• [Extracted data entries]
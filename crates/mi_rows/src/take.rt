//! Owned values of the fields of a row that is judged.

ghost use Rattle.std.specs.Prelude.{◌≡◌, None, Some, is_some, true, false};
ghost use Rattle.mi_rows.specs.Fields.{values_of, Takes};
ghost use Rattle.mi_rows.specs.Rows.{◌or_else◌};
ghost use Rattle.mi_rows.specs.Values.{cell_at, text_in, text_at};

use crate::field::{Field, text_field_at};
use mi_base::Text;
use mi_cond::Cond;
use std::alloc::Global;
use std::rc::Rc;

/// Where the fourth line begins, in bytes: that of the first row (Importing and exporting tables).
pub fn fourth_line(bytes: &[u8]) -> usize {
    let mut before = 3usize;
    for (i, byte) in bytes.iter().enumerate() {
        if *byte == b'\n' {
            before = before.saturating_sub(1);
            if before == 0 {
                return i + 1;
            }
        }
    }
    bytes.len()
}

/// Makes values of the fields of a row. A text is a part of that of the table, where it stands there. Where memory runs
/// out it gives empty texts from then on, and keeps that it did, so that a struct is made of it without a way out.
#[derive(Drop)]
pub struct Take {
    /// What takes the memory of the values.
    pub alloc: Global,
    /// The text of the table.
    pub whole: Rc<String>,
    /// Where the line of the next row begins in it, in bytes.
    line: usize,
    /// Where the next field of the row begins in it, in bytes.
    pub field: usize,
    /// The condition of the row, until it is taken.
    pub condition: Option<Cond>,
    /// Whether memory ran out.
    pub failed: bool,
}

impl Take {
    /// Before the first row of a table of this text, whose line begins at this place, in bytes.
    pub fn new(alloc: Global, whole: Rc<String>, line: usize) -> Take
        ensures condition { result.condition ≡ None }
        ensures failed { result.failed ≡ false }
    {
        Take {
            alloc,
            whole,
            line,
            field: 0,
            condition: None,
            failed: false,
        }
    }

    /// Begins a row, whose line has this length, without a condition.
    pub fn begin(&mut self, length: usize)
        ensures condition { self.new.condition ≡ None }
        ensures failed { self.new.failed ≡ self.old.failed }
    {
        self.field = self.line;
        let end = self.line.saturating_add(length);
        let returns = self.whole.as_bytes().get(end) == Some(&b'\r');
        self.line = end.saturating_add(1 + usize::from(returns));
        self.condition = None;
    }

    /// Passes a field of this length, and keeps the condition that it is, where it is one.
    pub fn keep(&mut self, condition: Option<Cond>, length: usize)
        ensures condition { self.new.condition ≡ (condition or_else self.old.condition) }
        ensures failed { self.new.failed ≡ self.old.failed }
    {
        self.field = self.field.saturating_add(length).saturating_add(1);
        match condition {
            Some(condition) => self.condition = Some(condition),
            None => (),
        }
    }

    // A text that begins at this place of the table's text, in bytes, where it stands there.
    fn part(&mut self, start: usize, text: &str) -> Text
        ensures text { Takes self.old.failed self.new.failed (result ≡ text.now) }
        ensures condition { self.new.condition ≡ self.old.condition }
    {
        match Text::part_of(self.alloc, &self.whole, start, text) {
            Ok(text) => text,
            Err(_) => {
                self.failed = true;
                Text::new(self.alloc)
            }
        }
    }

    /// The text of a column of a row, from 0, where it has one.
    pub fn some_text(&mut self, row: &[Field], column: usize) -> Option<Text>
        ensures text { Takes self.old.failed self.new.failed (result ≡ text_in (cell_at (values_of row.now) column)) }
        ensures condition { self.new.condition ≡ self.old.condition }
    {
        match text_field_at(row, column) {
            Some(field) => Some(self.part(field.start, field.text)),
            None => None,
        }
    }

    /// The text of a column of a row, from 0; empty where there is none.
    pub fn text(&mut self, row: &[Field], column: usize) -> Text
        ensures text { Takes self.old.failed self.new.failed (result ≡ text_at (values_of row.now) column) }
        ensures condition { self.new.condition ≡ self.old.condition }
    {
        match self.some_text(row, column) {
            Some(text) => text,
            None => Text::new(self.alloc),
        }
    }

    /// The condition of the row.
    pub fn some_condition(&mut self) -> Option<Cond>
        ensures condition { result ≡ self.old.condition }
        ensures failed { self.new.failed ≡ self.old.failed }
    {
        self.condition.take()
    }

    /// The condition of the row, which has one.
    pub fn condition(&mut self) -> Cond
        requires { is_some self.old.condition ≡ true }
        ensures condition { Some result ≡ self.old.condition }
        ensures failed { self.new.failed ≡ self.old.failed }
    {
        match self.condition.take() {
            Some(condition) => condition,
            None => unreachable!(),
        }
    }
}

---

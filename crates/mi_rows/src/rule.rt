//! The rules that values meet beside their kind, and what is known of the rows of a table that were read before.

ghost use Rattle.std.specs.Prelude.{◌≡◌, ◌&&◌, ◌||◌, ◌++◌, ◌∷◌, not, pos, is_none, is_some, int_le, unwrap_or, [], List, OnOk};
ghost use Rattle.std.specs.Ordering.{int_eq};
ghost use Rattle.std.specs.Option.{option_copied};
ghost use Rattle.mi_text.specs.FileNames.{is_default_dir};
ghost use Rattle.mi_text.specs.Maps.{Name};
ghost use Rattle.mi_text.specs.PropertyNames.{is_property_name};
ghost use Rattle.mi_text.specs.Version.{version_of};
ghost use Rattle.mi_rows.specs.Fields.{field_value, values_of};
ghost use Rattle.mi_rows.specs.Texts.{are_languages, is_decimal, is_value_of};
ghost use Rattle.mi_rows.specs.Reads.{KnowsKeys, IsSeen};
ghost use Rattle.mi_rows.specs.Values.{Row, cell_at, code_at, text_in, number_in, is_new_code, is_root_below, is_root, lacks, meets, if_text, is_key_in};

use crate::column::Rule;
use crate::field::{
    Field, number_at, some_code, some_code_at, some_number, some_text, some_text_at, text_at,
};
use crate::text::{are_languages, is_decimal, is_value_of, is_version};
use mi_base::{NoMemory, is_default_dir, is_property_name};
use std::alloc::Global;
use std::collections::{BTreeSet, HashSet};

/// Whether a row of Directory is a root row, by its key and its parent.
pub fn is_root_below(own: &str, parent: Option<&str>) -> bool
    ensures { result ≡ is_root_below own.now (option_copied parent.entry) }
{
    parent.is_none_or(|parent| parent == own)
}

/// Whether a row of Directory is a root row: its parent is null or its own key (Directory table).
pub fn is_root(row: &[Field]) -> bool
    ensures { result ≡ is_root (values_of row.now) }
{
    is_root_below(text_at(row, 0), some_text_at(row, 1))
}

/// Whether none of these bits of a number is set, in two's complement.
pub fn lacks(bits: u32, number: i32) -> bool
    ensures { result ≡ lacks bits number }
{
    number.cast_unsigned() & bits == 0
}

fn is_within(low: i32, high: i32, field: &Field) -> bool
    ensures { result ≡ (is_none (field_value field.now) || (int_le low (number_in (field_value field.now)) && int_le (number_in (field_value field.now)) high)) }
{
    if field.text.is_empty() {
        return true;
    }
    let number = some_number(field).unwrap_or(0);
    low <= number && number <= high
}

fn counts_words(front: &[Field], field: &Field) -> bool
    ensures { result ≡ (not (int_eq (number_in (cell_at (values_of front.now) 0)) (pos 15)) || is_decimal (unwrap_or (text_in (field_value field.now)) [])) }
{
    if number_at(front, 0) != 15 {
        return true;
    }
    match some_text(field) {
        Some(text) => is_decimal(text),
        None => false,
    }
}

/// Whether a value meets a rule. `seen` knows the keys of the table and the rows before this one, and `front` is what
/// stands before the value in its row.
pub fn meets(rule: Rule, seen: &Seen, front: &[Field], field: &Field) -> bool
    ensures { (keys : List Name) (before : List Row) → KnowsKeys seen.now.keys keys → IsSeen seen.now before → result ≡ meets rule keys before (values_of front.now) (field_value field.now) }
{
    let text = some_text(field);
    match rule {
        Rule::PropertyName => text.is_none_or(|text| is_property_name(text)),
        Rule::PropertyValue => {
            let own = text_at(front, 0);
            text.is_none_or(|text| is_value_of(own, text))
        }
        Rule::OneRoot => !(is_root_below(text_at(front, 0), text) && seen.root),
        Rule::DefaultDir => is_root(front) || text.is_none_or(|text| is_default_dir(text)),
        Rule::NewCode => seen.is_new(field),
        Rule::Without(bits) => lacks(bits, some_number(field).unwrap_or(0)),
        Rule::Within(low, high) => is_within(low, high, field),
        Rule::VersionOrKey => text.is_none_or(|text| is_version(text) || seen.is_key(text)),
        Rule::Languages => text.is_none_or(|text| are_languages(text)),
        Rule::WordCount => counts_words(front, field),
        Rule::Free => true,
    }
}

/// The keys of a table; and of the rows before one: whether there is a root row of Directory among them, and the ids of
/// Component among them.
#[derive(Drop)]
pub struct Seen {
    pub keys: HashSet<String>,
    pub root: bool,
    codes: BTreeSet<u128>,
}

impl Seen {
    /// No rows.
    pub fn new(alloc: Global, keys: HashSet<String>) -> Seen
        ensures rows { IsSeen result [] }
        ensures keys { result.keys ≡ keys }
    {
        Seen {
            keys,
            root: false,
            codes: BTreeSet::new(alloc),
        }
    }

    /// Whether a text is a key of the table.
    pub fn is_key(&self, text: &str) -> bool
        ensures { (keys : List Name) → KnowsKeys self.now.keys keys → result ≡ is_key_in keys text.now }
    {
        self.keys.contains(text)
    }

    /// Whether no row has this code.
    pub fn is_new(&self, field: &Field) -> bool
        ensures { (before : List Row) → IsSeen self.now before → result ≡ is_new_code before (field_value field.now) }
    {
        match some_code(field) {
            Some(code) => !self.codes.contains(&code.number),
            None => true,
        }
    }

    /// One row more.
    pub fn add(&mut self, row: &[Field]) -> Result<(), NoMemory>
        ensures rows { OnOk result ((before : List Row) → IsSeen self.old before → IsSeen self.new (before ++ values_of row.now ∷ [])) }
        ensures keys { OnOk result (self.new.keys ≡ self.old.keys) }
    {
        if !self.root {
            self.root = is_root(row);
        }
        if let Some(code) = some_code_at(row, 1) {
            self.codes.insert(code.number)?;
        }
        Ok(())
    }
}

...

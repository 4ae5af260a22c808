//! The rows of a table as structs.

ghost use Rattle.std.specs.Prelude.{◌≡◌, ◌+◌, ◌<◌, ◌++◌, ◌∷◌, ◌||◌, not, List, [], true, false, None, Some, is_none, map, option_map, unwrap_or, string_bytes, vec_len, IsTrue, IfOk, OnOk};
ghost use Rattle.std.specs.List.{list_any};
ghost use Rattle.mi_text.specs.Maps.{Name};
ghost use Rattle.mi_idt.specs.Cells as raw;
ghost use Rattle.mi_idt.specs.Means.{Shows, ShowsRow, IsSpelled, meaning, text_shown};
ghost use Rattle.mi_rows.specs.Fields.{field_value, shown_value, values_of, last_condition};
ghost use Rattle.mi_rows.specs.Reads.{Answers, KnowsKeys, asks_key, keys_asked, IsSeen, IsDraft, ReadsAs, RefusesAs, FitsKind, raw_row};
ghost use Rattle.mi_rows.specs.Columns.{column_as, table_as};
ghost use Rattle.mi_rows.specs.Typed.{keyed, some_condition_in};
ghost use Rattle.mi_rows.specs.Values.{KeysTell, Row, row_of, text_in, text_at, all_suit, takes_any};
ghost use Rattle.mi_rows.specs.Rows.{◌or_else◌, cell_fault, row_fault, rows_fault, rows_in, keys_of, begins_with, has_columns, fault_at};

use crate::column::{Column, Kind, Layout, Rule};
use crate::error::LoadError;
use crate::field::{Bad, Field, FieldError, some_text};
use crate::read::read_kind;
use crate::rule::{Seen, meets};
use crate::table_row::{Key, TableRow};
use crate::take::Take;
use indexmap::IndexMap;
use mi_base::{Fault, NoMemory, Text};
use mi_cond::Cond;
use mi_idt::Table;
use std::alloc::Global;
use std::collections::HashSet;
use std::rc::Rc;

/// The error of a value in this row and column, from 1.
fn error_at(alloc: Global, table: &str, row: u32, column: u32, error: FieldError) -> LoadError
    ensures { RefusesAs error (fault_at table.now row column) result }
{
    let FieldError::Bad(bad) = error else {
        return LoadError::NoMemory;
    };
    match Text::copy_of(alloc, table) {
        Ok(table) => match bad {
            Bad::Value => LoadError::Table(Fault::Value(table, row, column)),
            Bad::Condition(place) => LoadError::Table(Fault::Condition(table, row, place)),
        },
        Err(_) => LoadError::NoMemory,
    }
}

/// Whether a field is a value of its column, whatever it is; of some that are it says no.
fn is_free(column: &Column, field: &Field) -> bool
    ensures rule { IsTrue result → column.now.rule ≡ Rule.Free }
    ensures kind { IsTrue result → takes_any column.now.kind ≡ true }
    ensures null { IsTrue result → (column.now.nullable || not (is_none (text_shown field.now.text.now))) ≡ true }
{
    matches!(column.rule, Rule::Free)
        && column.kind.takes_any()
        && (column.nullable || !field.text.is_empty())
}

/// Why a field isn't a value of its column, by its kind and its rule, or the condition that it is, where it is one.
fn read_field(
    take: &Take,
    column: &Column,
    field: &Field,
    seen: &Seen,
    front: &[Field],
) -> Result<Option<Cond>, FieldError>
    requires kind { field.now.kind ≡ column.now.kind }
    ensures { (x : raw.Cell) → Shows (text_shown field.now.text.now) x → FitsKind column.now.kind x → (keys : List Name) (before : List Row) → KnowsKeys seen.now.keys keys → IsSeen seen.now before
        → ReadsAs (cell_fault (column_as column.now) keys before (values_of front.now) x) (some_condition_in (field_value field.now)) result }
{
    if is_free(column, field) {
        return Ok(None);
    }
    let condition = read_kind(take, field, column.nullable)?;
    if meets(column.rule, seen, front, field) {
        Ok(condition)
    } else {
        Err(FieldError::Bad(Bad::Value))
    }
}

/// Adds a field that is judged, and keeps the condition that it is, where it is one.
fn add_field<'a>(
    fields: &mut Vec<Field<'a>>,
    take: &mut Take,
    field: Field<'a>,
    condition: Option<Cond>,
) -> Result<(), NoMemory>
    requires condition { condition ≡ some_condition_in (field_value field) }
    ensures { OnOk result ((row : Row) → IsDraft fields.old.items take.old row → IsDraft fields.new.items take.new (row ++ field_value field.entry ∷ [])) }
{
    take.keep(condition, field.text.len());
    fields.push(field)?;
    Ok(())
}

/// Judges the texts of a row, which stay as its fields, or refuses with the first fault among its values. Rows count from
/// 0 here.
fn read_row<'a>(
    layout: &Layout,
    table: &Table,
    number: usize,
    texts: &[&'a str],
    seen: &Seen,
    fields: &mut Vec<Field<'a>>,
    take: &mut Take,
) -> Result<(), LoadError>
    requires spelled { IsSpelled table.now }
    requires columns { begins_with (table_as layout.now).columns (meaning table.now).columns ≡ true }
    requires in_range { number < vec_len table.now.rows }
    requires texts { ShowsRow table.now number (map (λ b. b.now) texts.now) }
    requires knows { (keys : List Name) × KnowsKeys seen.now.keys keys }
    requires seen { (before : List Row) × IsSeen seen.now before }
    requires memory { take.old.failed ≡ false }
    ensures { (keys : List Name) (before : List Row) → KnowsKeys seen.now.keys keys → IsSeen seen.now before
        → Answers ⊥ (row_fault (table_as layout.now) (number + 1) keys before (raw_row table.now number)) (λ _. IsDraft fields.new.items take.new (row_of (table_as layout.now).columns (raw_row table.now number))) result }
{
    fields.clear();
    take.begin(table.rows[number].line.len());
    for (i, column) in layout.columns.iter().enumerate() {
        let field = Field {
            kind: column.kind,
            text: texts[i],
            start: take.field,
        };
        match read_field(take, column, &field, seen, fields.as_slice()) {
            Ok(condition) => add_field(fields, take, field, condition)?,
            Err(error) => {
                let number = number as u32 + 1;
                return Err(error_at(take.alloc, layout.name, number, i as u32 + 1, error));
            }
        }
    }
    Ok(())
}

• [What you have to do]
Return, from the data, each line that has the word "whole" in it.

• [Answer to this problem]
    pub whole: Rc<String>,
    pub fn new(alloc: Global, whole: Rc<String>, line: usize) -> Take
            whole,
        let returns = self.whole.as_bytes().get(end) == Some(&b'\r');
        match Text::part_of(self.alloc, &self.whole, start, text) {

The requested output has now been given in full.